▶ [Assigned task] Copy out the records that follow, leaving every character as it is.

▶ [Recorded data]

//! The worked lines of each command.

use super::{Request, read_words};
use std::alloc::Global;
use std::test::Fail;

/// What a line asks for, or `none`.
fn asked(alloc: Global, line: &str) -> Result<String, Fail> {
    let mut words = Vec::new(alloc);
    for word in line.split(' ') {
        words.push(String::from_str(alloc, word)?)?;
    }
    let mut tags = Vec::new(alloc);
    for tag in ["span", "load", "span"] {
        tags.push(String::from_str(alloc, tag)?)?;
    }
    match read_words(alloc, &words, &tags)? {
        Some(
            Request::Decode {
                tgff,
                arch,
                geno,
                budget,
                proof_file,
            },
        ) => {
            let proof = match &proof_file {
                Some(name) => name.as_str(),
                None => "no proof",
            };
            Ok(format!(in alloc; "{tgff} {arch} {geno} {budget:?} {proof}")?)
        }
        Some(
            Request::Explore {
                tgff,
                arch,
                rounds,
                seed,
                chosen,
                proof_file,
            },
        ) => {
            let proof = match &proof_file {
                Some(name) => name.as_str(),
                None => "no proof",
            };
            Ok(format!(in alloc; "{tgff} {arch} {rounds} {seed} {chosen:?} {proof}")?)
        }
        Some(
            Request::Front {
                tgff,
                arch,
                front_file,
                proof_file,
                budget,
            },
        ) => Ok(format!(in alloc; "{tgff} {arch} {front_file} {proof_file} {budget:?}")?),
        Some(
            Request::Check {
                tgff,
                arch,
                front_file,
                proof_file,
            },
        ) => Ok(format!(in alloc; "{tgff} {arch} {front_file} {proof_file}")?),
        Some(
            Request::Make {
                number,
                arch,
                rounds,
            },
        ) => Ok(format!(in alloc; "{number} {arch} {rounds:?}")?),
        None => Ok(String::from_str(alloc, "none")?),
    }
}

#[test]
fn asks_what_each_line_says(rt: HostRuntime) -> Result<(), Fail> {
    let alloc = rt.alloc();
    for (line, expected) in [
        ("decode T A -", "T A - None no proof"),
        ("decode - A -", "- A - None no proof"),
        ("decode - A", "none"),
        ("decode T - -", "none"),
        ("decode - - -", "none"),
        ("decode  A -", "none"),
        ("decode -- - A -", "- A - None no proof"),
        ("decode T A G", "T A G None no proof"),
        ("decode T A G H", "none"),
        ("decode T A - --other P", "none"),
        ("decode T A - --proof P", "T A - None P"),
        ("decode --proof P T A -", "T A - None P"),
        ("decode T --budget 7 A --proof=P -", "T A - Some(7) P"),
        ("decode T A --proof=P -- --proof", "T A --proof None P"),
        (
            "decode T A - --proof P --budget=18446744073709551615",
            "T A - Some(18446744073709551615) P",
        ),
        (
            "decode T A - --proof P --budget 18446744073709551616",
            "none",
        ),
        ("decode T A - --budget 7", "none"),
        ("decode T A - --proof P --budget 0", "none"),
        ("decode T A - --proof P --budget 07", "none"),
        ("decode T A - --proof P --budget +7", "none"),
        ("decode T A - --proof P --budget", "none"),
        ("decode T A - --proof P --budget=", "none"),
        ("decode T A - --proof P --budget 1 --budget 1", "none"),
        ("decode T A - --proof P --proof P", "none"),
        ("decode T A - --proof -", "none"),
        ("decode T A - --proof=", "none"),
        ("decode T A - --proof T", "none"),
        ("decode T A - --proof A", "none"),
        ("decode T A G --proof G", "none"),
        ("explore T A --rounds 3 --seed 1", "T A 3 1 [] no proof"),
        (
            "explore --seed=0 - A --proof P --rounds 65536 --measure load",
            "- A 65536 0 [1] P",
        ),
        (
            "explore T A --rounds 0 --seed 18446744073709551615 --measure load,span",
            "T A 0 18446744073709551615 [0, 1] no proof",
        ),
        ("explore T A --rounds 65537 --seed 1", "none"),
        ("explore T A --rounds 03 --seed 1", "none"),
        ("explore T A --rounds 3", "none"),
        ("explore T A --seed 3", "none"),
        ("explore T --rounds 3 --seed 1", "none"),
        ("explore T - --rounds 3 --seed 1", "none"),
        ("explore T A G --rounds 3 --seed 1", "none"),
        (
            "explore T A --rounds 3 --seed 1 --measure span,span",
            "none",
        ),
        ("explore T A --rounds 3 --seed 1 --measure span,", "none"),
        ("explore T A --rounds 3 --seed 1 --measure=", "none"),
        ("explore T A --rounds 3 --seed 1 --measure time", "none"),
        ("explore T A --rounds 3 --seed 1 --measure Span", "none"),
        ("explore T A --rounds 3 --seed 1 --proof A", "none"),
        ("explore T A --rounds 3 --seed 1 --proof T", "none"),
        ("explore T A --rounds 3 --seed 1 --proof -", "none"),
        ("explore T A --rounds 3 --seed 1 --budget 1", "none"),
        ("front T A --front F --proof P", "T A F P None"),
        (
            "front --budget 3 - A --proof P --front=F",
            "- A F P Some(3)",
        ),
        ("front T A --front F", "none"),
        ("front T A --front F --proof F", "none"),
        ("front T A --front A --proof P", "none"),
        ("front T A --front - --proof P", "none"),
        ("front T A --front F --proof T", "none"),
        ("front T A --front F --proof P --budget 0", "none"),
        ("front T A G --front F --proof P", "none"),
        ("check T A F P", "T A F P"),
        ("check - A F P", "- A F P"),
        ("check - - F P", "none"),
        ("check - A - P", "none"),
        ("check - A F -", "none"),
        ("check - A F", "none"),
        ("check - A F P Q", "none"),
        ("check - A F P --budget 1", "none"),
        ("check -- - A F F", "- A F F"),
        ("make 0 --arch A", "0 A None"),
        ("make --rounds=50 --arch=A 3", "3 A Some(50)"),
        (
            "make 18446744073709551615 --arch A --rounds 65536",
            "18446744073709551615 A Some(65536)",
        ),
        ("make 18446744073709551616 --arch A", "none"),
        ("make 07 --arch A", "none"),
        ("make 7", "none"),
        ("make --arch A", "none"),
        ("make 7 8 --arch A", "none"),
        ("make 7 --arch -", "none"),
        ("make 7 --arch=", "none"),
        ("make 7 --arch A --arch B", "none"),
        ("make 7 --arch A --rounds 65537", "none"),
        ("make 7 --arch A --rounds", "none"),
        ("make 7 --arch A --seed 1", "none"),
        ("make -- 7 --arch A", "none"),
    ] {
        assert!(rt; asked(alloc, line)?.as_str() == expected);
    }
    Ok(())
}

▶ [Solved exercise]
//! The worked lines of each command.

use super::{Request, read_words};
use std::alloc::Global;
use std::test::Fail;

/// What a line asks for, or `none`.
fn asked(alloc: Global, line: &str) -> Result<String, Fail> {
    let mut words = Vec::new(alloc);
    for word in line.split(' ') {
        words.push(String::from_str(alloc, word)?)?;
    }
    let mut tags = Vec::new(alloc);
    for tag in ["span", "load", "span"] {
        tags.push(String::from_str(alloc, tag)?)?;
    }
    match read_words(alloc, &words, &tags)? {
        Some(
            Request::Decode {
                tgff,
                arch,
                geno,
                budget,
                proof_file,
            },
        ) => {
            let proof = match &proof_file {
                Some(name) => name.as_str(),
                None => "no proof",
            };
            Ok(format!(in alloc; "{tgff} {arch} {geno} {budget:?} {proof}")?)
        }
        Some(
            Request::Explore {
                tgff,
                arch,
                rounds,
                seed,
                chosen,
                proof_file,
            },
        ) => {
            let proof = match &proof_file {
                Some(name) => name.as_str(),
                None => "no proof",
            };
            Ok(format!(in alloc; "{tgff} {arch} {rounds} {seed} {chosen:?} {proof}")?)
        }
        Some(
            Request::Front {
                tgff,
                arch,
                front_file,
                proof_file,
                budget,
            },
        ) => Ok(format!(in alloc; "{tgff} {arch} {front_file} {proof_file} {budget:?}")?),
        Some(
            Request::Check {
                tgff,
                arch,
                front_file,
                proof_file,
            },
        ) => Ok(format!(in alloc; "{tgff} {arch} {front_file} {proof_file}")?),
        Some(
            Request::Make {
                number,
                arch,
                rounds,
            },
        ) => Ok(format!(in alloc; "{number} {arch} {rounds:?}")?),
        None => Ok(String::from_str(alloc, "none")?),
    }
}

#[test]
fn asks_what_each_line_says(rt: HostRuntime) -> Result<(), Fail> {
    let alloc = rt.alloc();
    for (line, expected) in [
        ("decode T A -", "T A - None no proof"),
        ("decode - A -", "- A - None no proof"),
        ("decode - A", "none"),
        ("decode T - -", "none"),
        ("decode - - -", "none"),
        ("decode  A -", "none"),
        ("decode -- - A -", "- A - None no proof"),
        ("decode T A G", "T A G None no proof"),
        ("decode T A G H", "none"),
        ("decode T A - --other P", "none"),
        ("decode T A - --proof P", "T A - None P"),
        ("decode --proof P T A -", "T A - None P"),
        ("decode T --budget 7 A --proof=P -", "T A - Some(7) P"),
        ("decode T A --proof=P -- --proof", "T A --proof None P"),
        (
            "decode T A - --proof P --budget=18446744073709551615",
            "T A - Some(18446744073709551615) P",
        ),
        (
            "decode T A - --proof P --budget 18446744073709551616",
            "none",
        ),
        ("decode T A - --budget 7", "none"),
        ("decode T A - --proof P --budget 0", "none"),
        ("decode T A - --proof P --budget 07", "none"),
        ("decode T A - --proof P --budget +7", "none"),
        ("decode T A - --proof P --budget", "none"),
        ("decode T A - --proof P --budget=", "none"),
        ("decode T A - --proof P --budget 1 --budget 1", "none"),
        ("decode T A - --proof P --proof P", "none"),
        ("decode T A - --proof -", "none"),
        ("decode T A - --proof=", "none"),
        ("decode T A - --proof T", "none"),
        ("decode T A - --proof A", "none"),
        ("decode T A G --proof G", "none"),
        ("explore T A --rounds 3 --seed 1", "T A 3 1 [] no proof"),
        (
            "explore --seed=0 - A --proof P --rounds 65536 --measure load",
            "- A 65536 0 [1] P",
        ),
        (
            "explore T A --rounds 0 --seed 18446744073709551615 --measure load,span",
            "T A 0 18446744073709551615 [0, 1] no proof",
        ),
        ("explore T A --rounds 65537 --seed 1", "none"),
        ("explore T A --rounds 03 --seed 1", "none"),
        ("explore T A --rounds 3", "none"),
        ("explore T A --seed 3", "none"),
        ("explore T --rounds 3 --seed 1", "none"),
        ("explore T - --rounds 3 --seed 1", "none"),
        ("explore T A G --rounds 3 --seed 1", "none"),
        (
            "explore T A --rounds 3 --seed 1 --measure span,span",
            "none",
        ),
        ("explore T A --rounds 3 --seed 1 --measure span,", "none"),
        ("explore T A --rounds 3 --seed 1 --measure=", "none"),
        ("explore T A --rounds 3 --seed 1 --measure time", "none"),
        ("explore T A --rounds 3 --seed 1 --measure Span", "none"),
        ("explore T A --rounds 3 --seed 1 --proof A", "none"),
        ("explore T A --rounds 3 --seed 1 --proof T", "none"),
        ("explore T A --rounds 3 --seed 1 --proof -", "none"),
        ("explore T A --rounds 3 --seed 1 --budget 1", "none"),
        ("front T A --front F --proof P", "T A F P None"),
        (
            "front --budget 3 - A --proof P --front=F",
            "- A F P Some(3)",
        ),
        ("front T A --front F", "none"),
        ("front T A --front F --proof F", "none"),
        ("front T A --front A --proof P", "none"),
        ("front T A --front - --proof P", "none"),
        ("front T A --front F --proof T", "none"),
        ("front T A --front F --proof P --budget 0", "none"),
        ("front T A G --front F --proof P", "none"),
        ("check T A F P", "T A F P"),
        ("check - A F P", "- A F P"),
        ("check - - F P", "none"),
        ("check - A - P", "none"),
        ("check - A F -", "none"),
        ("check - A F", "none"),
        ("check - A F P Q", "none"),
        ("check - A F P --budget 1", "none"),
        ("check -- - A F F", "- A F F"),
        ("make 0 --arch A", "0 A None"),
        ("make --rounds=50 --arch=A 3", "3 A Some(50)"),
        (
            "make 18446744073709551615 --arch A --rounds 65536",
            "18446744073709551615 A Some(65536)",
        ),
        ("make 18446744073709551616 --arch A", "none"),
        ("make 07 --arch A", "none"),
        ("make 7", "none"),
        ("make --arch A", "none"),
        ("make 7 8 --arch A", "none"),
        ("make 7 --arch -", "none"),
        ("make 7 --arch=", "none"),
        ("make 7 --arch A --arch B", "none"),
        ("make 7 --arch A --rounds 65537", "none"),
        ("make 7 --arch A --rounds", "none"),
        ("make 7 --arch A --seed 1", "none"),
        ("make -- 7 --arch A", "none"),
    ] {
        assert!(rt; asked(alloc, line)?.as_str() == expected);
    }
    Ok(())
}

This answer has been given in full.